You may be way ahead of me—I know I’m not the first on my block to read Helen Simonson’s Major Pettigrew’s Last Stand, newly released in paperback and in the top ratings on IndieBound.org and the New York Times Book Review.
A bit of a book snob, I suppose, I tend to shy away from the bestsellers, but a novel about a Sussex village—how could I resist? I put it on reserve at the public library some months ago and forgot about it until last week when I was notified that it was being held for me at my local branch.
I read it in a couple of sittings, charmed from beginning to end. Delightful and well written, it’s a contemporary novel of manners, an adult romance founded on a love of literature, a morality tale against racism and greed, all set in the East Sussex countryside, Virginia Woolf’s beloved landscape.

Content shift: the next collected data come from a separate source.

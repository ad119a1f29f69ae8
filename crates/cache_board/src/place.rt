//! What one processor has on the desk.

ghost use Rattle.std.specs.Prelude.{◌≡◌, ◌<◌, IfOk, None, Some};
ghost use Rattle.board_commits.specs.board_threads.specs.declared.tickets.Ticket.{Ticket};
ghost use Rattle.board_core.specs.quantum.specs.Ahead.{unbegun};
ghost use Rattle.board_commits.specs.Tickets.{AreAllAsOf, AreOfTicket};
ghost use Rattle.cache_board.specs.Drive.{IsCheckout, IsCommit, IsLeave, IsRunAhead, IsView};

use crate::answers::did;
use crate::board::Board;
use board_commits::{Answer, Quantum, Ticket};
use cache_ident::{NoMemory, Vpn};
use std::alloc::Global;

/// How many views a quantum on the desk may have.
pub const DESK_VIEWS: usize = 8;

/// The ticket of a processor, if it has one, and its quantum.
#[derive(Drop)]
pub(crate) struct Place {
    ticket: Option<Ticket>,
    quantum: Quantum,
}

impl Place {
    /// One without a ticket. The one call that takes memory.
    pub(crate) fn new(alloc: Global) -> Result<Place, NoMemory>
        ensures { IfOk result (λ place. place ≡ record { ticket = None; quantum = unbegun DESK_VIEWS }) }
    {
        Ok(Place {
            ticket: None,
            quantum: Quantum::new(alloc, DESK_VIEWS)?,
        })
    }

    /// Takes the next thread to the processor. Its ticket comes in place of any other, and the quantum begins with its context.
    /// Where there is none all stays.
    pub(crate) fn check_out(&mut self, board: &mut Board, cpu: u32) -> Answer
        requires processor { cpu < 8 }
        ensures { IsCheckout cpu board.old self.old result board.new self.new }
    {
        let Some(ticket) = board.checkout(cpu) else {
            return Answer::Out(None);
        };
        self.ticket = Some(ticket);
        self.quantum.begin(ticket.context, ticket.no);
        Answer::Out(Some(ticket.no))
    }

    /// Copies a page into the quantum.
    pub(crate) fn view(&mut self, board: &Board, vpn: Vpn) -> Answer
        requires kept { AreAllAsOf board.now.journal.entries self.old.quantum }
        ensures { IsView board.now vpn self.old result self.new }
    {
        let Some(ticket) = &self.ticket else {
            return Answer::NoTicket;
        };
        if !self.quantum.can_fill(vpn) {
            return Answer::NoView;
        }
        did(board.page(ticket, vpn, &mut self.quantum))
    }

    /// Runs the quantum ahead.
    pub(crate) fn run_ahead(&mut self, limit: u32) -> Answer
        ensures { IsRunAhead limit self.old result self.new }
    {
        if self.ticket.is_none() {
            return Answer::NoTicket;
        }
        Answer::Paused(self.quantum.run(limit))
    }

    /// Makes the steps of the quantum happen, and the ticket goes.
    pub(crate) fn commit(&mut self, board: &mut Board) -> Answer
        requires views { (ticket : Ticket) → self.old.ticket ≡ Some ticket → AreOfTicket board.old.journal.entries ticket.thread self.old.quantum }
        ensures { IsCommit board.old self.old result board.new self.new }
    {
        let Some(ticket) = &self.ticket else {
            return Answer::NoTicket;
        };
        match board.commit(ticket, &self.quantum) {
            Ok(steps) => {
                self.ticket = None;
                Answer::Stepped(steps)
            }
            Err(refused) => Answer::Refused(refused),
        }
    }

    /// Gives the thread back, and the ticket goes.
    pub(crate) fn leave(&mut self, board: &mut Board) -> Answer
        ensures { IsLeave board.old self.old result board.new self.new }
    {
        let Some(ticket) = &self.ticket else {
            return Answer::NoTicket;
        };
        board.leave(ticket);
        self.ticket = None;
        Answer::Did
    }
}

And of course, as I read it I couldn’t help thinking about Woolf and her life in Rodmell, about my own times there, brief tastes of village life, walks on the downs and to the coast, lunches at charming country pubs.

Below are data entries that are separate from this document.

//! How a scenario runs on a board.

ghost use Rattle.std.specs.Prelude.{◌≡◌, ◌<◌, ◌≤◌, ◌∷◌, ◌++◌, true, None, IfOk, List, OnOk};
ghost use Rattle.flat_state.specs.declared.events.Decl.{Decl};
ghost use Rattle.flat_state.specs.declared.events.Decl.TheVariants as declaration;
ghost use Rattle.flat_state.specs.declared.events.Machine.{Machine};
ghost use Rattle.flat_state.specs.Events.{AllFit};
ghost use Rattle.flat_state.specs.State.{nothing_declared};
ghost use Rattle.run_journal.specs.declared.entries.Entry.{Entry};
ghost use Rattle.run_journal.specs.Legal.{first_ident};
ghost use Rattle.run_journal.specs.Points.{opening};
ghost use Rattle.board_opening.specs.board_calls.specs.Calls.{refusal_of_seal, IsSealing};
ghost use Rattle.processors.specs.board_turns.specs.Looks.{settled_on};
ghost use Rattle.proc_run.specs.Running.{HasKernel, IsRun};

use board_opening::board_of;
use cache_ident::NoMemory;
use flat_state::{Decl, Settled};
use processors::{Board, Gate, Owners, Quantum, run_alone, run_side_by_side, views_for};
use std::alloc::{AllocError, Global};
use std::sync::Wait;
use std::thread::Threads;

/// A board whose run is over, and how it ended.
#[derive(Drop)]
pub struct Finished {
    pub board: Board,
    pub settled: Settled,
}

// Ends the declarations of a board with a first kernel. Nothing but want of memory is in the way.
fn seal(board: &mut Board) -> Result<(), NoMemory>
    requires { refusal_of_seal board.old ≡ None }
    ensures { OnOk result (IsSealing board.old board.new first_ident) }
{
    match board.seal() {
        Ok(_) => Ok(()),
        Err(_) => Err(AllocError),
    }
}

// Runs the board of these declarations on one processor until its run is over. It waits for nobody.
fn run_on_one(alloc: Global, board: &mut Board, decls: &[Decl]) -> Result<(), NoMemory>
    requires sealed { board.old.sealed ≡ true }
    requires begins { (rest : List Entry) × (board.old.journal.entries ≡ opening decls.now ++ rest) }
    ensures { OnOk result (IsRun decls.now board.old.limit board.new) }
{
    board.holds();
    let mut owners = Owners::new(alloc, decls)?;
    let mut quantum = Quantum::new(alloc, views_for(decls))?;
    run_alone(board, &mut owners, &mut quantum)?;
    board.holds();
    Ok(())
}

// Runs several processors side by side until none of them has anything to do. With one processor it does nothing.
fn run_on_several<R: Threads + Wait + Sync, G: Gate + Sync>(
    rt: &R,
    alloc: Global,
    board: Board,
    decls: &[Decl],
    cpus: u32,
    limit: u64,
    gate: &G,
) -> Result<Board, NoMemory>
    requires processors { (0 < cpus) × (cpus ≤ 8) }
    requires sealed { board.sealed ≡ true }
    requires begins { (rest : List Entry) × (board.journal.entries ≡ opening decls.now ++ rest) }
    ensures sealed { IfOk result (λ after. after.sealed ≡ true) }
    ensures begins { IfOk result (λ after. (rest : List Entry) × (after.journal.entries ≡ opening decls.now ++ rest)) }
    ensures limit { IfOk result (λ after. after.limit ≡ board.limit) }
{
    if cpus == 1 {
        return Ok(board);
    }
    run_side_by_side(rt, alloc, board, decls, cpus, limit, gate)
}

/// Runs the scenario of these declarations on a board until all its threads have ended, none can go on, or it has taken
/// `limit` steps: several processors side by side until none of them has anything to do, and one for what is left then; or one alone,
/// without a lock or a further thread.
pub fn run<R: Threads + Wait + Sync, G: Gate + Sync>(
    rt: &R,
    alloc: Global,
    decls: &[Decl],
    cpus: u32,
    limit: u64,
    gate: &G,
) -> Result<Finished, NoMemory>
    requires fit { AllFit nothing_declared decls.now }
    requires machine { (machine : Machine) × (rest : List Decl) × (decls.now ≡ declaration.Machine machine ∷ rest) }
    requires kernel { HasKernel decls.now }
    requires processors { (0 < cpus) × (cpus ≤ 8) }
    ensures run { IfOk result (λ f. IsRun decls.now limit f.board) }
    ensures settled { IfOk result (λ f. f.settled ≡ settled_on f.board) }
{
    let mut board = board_of(alloc, decls, limit)?;
    seal(&mut board)?;
    let mut board = run_on_several(rt, alloc, board, decls, cpus, limit, gate)?;
    run_on_one(alloc, &mut board, decls)?;
    let settled = board.settled();
    Ok(Finished { board, settled })
}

Like Woolf, Major Pettigrew is a walker who observes the colors and the smells around him, even on frequently traveled terrain. He loves the stroll down the hill from his house to the village center of Edgecombe St. Mary: “Behind him, the hills swelled upward into the rabbit-cropped grass of the chalk downs. Below him the Weald of Sussex cradled fields full of late rye and the acid yellow of mustard.”
While Edgecombe St. Mary and its neighboring villages are fictional, a reference to the Romney Marsh was a clue that it was set in the area around Rye (known as Tilling to all of us Mapp and Lucia fans). Simonson indeed grew up in that region, which she describes, on her website, as “literary country.” She credits the heritage of Henry James at Lamb House in Rye, Kipling’s Bateman’s at Burwash, and Virginia Woolf at Monk’s House in Rodmell as a great inspiration.
Woolf doesn’t make an appearance in the novel by name, but she’s there in spirit. While the Major and Mrs. Ali bond over Kipling, I can imagine them reading and exchanging impressions about To the Lighthouse.